Problem to work on: I would like every line of the records below that contains the word "IsValidFor" copied.
___ Data section ___
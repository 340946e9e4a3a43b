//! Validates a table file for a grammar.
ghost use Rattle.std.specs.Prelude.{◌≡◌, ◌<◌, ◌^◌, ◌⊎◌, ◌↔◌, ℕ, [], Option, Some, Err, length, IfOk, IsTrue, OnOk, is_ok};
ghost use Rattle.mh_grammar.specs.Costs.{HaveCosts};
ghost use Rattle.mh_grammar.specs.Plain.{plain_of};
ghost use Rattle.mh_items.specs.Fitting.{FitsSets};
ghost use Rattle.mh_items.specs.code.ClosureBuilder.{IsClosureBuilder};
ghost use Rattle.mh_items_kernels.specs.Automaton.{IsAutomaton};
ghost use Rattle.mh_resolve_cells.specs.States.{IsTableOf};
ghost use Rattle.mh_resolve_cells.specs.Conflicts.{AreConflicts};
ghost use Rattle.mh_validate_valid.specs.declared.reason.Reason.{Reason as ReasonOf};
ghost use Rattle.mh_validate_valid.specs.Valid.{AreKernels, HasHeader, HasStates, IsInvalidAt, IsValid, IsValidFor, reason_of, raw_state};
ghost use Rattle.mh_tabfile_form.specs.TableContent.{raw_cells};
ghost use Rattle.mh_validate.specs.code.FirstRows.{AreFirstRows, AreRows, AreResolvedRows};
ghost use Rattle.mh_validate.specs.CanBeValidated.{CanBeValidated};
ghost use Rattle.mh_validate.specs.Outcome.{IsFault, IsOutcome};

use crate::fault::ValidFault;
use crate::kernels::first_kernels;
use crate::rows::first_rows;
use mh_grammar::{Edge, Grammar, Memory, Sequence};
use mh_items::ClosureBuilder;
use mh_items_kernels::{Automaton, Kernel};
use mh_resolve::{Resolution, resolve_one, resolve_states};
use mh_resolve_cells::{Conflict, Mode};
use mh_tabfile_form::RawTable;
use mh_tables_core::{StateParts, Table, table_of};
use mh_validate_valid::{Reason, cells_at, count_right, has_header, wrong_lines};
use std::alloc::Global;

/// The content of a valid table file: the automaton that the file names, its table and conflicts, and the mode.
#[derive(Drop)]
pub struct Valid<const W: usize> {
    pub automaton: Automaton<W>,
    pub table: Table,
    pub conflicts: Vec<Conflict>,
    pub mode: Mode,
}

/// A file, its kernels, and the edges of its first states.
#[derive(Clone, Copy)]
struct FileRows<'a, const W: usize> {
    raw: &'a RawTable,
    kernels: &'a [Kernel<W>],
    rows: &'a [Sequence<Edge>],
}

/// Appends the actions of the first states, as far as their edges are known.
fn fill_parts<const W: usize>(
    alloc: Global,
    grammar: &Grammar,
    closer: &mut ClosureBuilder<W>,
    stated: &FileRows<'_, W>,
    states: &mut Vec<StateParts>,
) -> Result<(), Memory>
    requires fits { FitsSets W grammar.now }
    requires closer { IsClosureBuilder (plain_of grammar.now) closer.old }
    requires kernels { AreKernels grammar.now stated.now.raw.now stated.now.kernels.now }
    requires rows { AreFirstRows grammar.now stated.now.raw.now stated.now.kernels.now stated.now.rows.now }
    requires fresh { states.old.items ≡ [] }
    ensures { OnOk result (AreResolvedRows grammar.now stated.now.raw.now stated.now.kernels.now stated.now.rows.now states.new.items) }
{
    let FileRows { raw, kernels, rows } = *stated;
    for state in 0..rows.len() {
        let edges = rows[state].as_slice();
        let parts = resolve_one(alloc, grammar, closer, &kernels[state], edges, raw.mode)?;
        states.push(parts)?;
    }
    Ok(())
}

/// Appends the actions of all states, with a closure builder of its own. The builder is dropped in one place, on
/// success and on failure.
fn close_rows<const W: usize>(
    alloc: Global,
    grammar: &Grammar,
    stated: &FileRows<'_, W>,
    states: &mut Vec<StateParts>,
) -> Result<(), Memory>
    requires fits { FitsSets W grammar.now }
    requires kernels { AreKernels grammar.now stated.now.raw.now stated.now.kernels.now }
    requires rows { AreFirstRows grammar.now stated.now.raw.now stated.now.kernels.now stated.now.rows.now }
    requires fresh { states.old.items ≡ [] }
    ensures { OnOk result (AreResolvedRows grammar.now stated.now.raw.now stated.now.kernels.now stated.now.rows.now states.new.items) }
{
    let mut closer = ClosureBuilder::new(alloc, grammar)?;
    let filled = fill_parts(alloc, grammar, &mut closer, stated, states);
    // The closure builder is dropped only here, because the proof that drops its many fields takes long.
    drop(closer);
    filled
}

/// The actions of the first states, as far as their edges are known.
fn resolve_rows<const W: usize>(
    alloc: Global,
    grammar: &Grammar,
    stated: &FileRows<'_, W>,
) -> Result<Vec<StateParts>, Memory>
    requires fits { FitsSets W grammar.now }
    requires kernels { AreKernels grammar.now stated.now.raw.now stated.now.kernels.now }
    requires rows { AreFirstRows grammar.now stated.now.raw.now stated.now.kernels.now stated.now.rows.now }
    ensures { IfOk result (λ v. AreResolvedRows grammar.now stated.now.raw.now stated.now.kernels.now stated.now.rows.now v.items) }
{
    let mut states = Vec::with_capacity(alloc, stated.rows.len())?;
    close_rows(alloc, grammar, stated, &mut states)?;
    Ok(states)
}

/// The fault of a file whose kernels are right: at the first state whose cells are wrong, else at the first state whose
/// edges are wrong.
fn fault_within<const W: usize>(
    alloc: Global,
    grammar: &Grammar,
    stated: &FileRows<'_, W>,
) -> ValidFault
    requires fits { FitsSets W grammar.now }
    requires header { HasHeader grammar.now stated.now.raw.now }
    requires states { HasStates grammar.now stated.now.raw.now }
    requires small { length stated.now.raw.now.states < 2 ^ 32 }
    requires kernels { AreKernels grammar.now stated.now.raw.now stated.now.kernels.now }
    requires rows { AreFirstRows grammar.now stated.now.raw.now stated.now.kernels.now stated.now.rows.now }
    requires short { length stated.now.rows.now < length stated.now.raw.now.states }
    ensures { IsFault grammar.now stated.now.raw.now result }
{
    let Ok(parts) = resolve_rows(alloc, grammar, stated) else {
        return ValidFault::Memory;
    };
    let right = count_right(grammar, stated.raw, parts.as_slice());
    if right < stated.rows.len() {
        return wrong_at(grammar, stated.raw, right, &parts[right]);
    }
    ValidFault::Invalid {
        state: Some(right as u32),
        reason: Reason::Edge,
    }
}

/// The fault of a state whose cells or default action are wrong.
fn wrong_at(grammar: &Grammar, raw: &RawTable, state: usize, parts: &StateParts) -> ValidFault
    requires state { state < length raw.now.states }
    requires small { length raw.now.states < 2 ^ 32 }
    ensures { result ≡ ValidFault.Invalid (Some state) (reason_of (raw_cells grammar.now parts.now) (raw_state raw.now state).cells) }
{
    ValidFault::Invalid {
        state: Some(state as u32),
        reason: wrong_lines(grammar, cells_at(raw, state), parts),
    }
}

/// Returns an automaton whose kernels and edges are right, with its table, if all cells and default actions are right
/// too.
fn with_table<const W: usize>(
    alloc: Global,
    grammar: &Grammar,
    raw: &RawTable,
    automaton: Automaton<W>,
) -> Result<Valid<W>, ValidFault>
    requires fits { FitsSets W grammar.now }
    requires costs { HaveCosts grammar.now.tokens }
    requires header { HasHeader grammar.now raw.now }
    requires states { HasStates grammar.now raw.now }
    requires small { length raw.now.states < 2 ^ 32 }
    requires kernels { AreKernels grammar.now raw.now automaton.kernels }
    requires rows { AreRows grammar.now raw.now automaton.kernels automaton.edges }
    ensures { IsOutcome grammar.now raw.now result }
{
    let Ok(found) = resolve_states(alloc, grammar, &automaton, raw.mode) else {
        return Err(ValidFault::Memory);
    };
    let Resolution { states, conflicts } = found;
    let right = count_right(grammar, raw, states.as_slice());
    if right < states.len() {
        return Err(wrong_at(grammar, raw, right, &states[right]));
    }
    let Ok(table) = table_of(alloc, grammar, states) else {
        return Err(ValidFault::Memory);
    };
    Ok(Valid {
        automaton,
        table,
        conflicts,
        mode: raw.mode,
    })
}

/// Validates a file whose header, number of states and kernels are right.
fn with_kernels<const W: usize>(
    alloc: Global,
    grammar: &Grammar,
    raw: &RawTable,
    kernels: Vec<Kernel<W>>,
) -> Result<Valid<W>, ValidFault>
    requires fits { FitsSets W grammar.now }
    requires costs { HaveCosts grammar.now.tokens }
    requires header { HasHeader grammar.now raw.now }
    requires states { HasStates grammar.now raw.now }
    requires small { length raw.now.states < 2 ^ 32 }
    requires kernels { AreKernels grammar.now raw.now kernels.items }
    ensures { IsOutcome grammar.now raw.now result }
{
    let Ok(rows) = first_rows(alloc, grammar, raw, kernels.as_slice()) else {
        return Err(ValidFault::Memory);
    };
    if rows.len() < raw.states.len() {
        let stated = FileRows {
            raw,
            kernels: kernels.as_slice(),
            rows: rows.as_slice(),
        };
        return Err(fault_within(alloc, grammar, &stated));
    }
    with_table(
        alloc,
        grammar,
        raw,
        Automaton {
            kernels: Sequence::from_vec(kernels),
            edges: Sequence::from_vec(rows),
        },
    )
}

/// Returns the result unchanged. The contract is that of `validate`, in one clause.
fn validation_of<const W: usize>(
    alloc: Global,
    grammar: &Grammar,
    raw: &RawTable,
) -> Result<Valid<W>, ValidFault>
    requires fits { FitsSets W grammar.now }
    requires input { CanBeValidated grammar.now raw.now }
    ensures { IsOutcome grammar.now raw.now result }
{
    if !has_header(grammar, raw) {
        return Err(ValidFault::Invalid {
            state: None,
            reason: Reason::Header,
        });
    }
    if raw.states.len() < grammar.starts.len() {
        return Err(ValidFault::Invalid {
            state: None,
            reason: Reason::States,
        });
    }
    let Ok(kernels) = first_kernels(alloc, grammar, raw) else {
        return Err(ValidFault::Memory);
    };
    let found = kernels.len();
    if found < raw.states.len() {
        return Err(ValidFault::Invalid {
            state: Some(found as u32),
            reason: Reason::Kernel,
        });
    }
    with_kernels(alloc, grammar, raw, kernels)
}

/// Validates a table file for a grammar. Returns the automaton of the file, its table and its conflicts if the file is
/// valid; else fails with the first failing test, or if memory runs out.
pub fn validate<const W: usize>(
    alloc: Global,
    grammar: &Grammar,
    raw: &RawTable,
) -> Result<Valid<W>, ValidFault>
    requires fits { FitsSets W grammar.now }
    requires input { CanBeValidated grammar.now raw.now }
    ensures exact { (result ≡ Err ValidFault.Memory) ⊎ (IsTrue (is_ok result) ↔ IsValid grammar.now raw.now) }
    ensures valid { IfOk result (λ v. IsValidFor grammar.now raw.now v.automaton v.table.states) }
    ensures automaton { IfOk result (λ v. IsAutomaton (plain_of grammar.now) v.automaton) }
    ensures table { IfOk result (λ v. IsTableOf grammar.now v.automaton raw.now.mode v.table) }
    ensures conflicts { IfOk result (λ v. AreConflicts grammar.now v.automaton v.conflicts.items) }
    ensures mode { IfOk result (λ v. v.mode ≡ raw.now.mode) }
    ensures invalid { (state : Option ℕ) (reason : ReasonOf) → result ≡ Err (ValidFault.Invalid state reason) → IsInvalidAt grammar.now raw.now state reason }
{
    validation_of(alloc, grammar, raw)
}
___
___ Data section ___
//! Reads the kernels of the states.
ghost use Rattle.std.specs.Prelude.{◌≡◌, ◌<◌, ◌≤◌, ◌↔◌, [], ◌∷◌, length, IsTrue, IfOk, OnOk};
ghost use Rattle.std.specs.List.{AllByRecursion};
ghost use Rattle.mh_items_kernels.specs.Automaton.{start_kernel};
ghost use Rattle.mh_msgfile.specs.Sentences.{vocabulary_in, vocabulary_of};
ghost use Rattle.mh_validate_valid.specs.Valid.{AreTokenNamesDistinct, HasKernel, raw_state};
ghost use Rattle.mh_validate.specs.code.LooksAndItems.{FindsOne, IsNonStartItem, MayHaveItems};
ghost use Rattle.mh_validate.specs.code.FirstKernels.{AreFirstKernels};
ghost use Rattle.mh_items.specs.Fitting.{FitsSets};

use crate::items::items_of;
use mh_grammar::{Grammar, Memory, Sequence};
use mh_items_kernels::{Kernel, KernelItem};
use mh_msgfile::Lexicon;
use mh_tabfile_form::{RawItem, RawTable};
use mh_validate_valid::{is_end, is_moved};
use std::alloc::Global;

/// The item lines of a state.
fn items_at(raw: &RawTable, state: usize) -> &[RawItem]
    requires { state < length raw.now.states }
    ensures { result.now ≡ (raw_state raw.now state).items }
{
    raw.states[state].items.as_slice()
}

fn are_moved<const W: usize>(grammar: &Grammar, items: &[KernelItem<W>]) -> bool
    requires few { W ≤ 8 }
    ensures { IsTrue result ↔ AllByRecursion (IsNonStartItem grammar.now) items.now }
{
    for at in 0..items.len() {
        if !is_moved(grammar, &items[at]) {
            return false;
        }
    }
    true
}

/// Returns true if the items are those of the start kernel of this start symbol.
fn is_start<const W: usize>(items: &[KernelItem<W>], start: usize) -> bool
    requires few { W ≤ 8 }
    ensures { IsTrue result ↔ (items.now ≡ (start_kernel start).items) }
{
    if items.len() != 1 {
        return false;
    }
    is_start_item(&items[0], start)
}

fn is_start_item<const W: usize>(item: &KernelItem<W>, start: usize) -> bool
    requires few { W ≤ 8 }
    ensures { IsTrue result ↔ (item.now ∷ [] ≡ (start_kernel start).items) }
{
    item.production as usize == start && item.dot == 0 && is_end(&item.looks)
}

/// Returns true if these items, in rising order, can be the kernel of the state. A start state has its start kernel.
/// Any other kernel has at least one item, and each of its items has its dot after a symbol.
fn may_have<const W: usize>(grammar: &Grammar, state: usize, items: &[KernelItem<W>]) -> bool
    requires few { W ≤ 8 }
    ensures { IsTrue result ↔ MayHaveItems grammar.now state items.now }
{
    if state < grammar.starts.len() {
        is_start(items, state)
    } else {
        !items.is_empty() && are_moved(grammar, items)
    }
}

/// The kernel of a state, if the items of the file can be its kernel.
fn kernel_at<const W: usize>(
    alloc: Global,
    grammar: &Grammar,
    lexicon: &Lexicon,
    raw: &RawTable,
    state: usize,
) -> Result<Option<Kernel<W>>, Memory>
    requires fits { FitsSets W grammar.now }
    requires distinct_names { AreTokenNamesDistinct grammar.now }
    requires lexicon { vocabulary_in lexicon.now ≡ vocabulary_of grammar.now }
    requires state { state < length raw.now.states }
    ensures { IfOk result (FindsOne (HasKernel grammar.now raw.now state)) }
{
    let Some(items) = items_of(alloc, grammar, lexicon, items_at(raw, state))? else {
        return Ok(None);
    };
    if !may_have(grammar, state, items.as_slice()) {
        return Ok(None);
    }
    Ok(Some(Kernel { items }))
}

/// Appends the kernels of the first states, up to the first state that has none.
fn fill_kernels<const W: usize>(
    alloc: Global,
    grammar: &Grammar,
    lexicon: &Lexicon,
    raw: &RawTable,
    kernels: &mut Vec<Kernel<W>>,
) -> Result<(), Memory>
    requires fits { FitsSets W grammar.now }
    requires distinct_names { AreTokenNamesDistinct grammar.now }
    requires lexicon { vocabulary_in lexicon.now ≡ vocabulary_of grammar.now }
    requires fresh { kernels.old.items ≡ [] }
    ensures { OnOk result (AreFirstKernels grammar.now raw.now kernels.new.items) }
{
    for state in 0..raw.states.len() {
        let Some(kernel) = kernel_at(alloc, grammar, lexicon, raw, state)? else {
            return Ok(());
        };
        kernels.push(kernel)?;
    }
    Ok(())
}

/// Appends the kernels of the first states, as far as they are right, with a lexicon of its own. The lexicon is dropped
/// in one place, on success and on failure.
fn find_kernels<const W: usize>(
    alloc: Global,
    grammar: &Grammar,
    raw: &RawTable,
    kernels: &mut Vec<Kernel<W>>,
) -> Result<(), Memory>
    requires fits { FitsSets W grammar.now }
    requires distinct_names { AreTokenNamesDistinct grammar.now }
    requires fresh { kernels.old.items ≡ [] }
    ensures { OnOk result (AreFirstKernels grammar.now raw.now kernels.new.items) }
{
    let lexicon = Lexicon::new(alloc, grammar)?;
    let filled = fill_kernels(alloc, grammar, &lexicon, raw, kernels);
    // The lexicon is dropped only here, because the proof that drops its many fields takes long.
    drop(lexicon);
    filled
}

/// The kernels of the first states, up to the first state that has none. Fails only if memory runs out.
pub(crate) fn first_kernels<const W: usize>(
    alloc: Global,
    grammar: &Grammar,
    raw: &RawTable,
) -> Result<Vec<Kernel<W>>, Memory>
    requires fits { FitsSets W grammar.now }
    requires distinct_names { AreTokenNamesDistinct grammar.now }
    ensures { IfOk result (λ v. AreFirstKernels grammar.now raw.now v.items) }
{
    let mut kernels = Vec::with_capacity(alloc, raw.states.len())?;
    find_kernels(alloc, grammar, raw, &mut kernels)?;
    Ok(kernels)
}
___
Solution to the problem:
ghost use Rattle.mh_validate_valid.specs.Valid.{AreKernels, HasHeader, HasStates, IsInvalidAt, IsValid, IsValidFor, reason_of, raw_state};
    ensures valid { IfOk result (λ v. IsValidFor grammar.now raw.now v.automaton v.table.states) }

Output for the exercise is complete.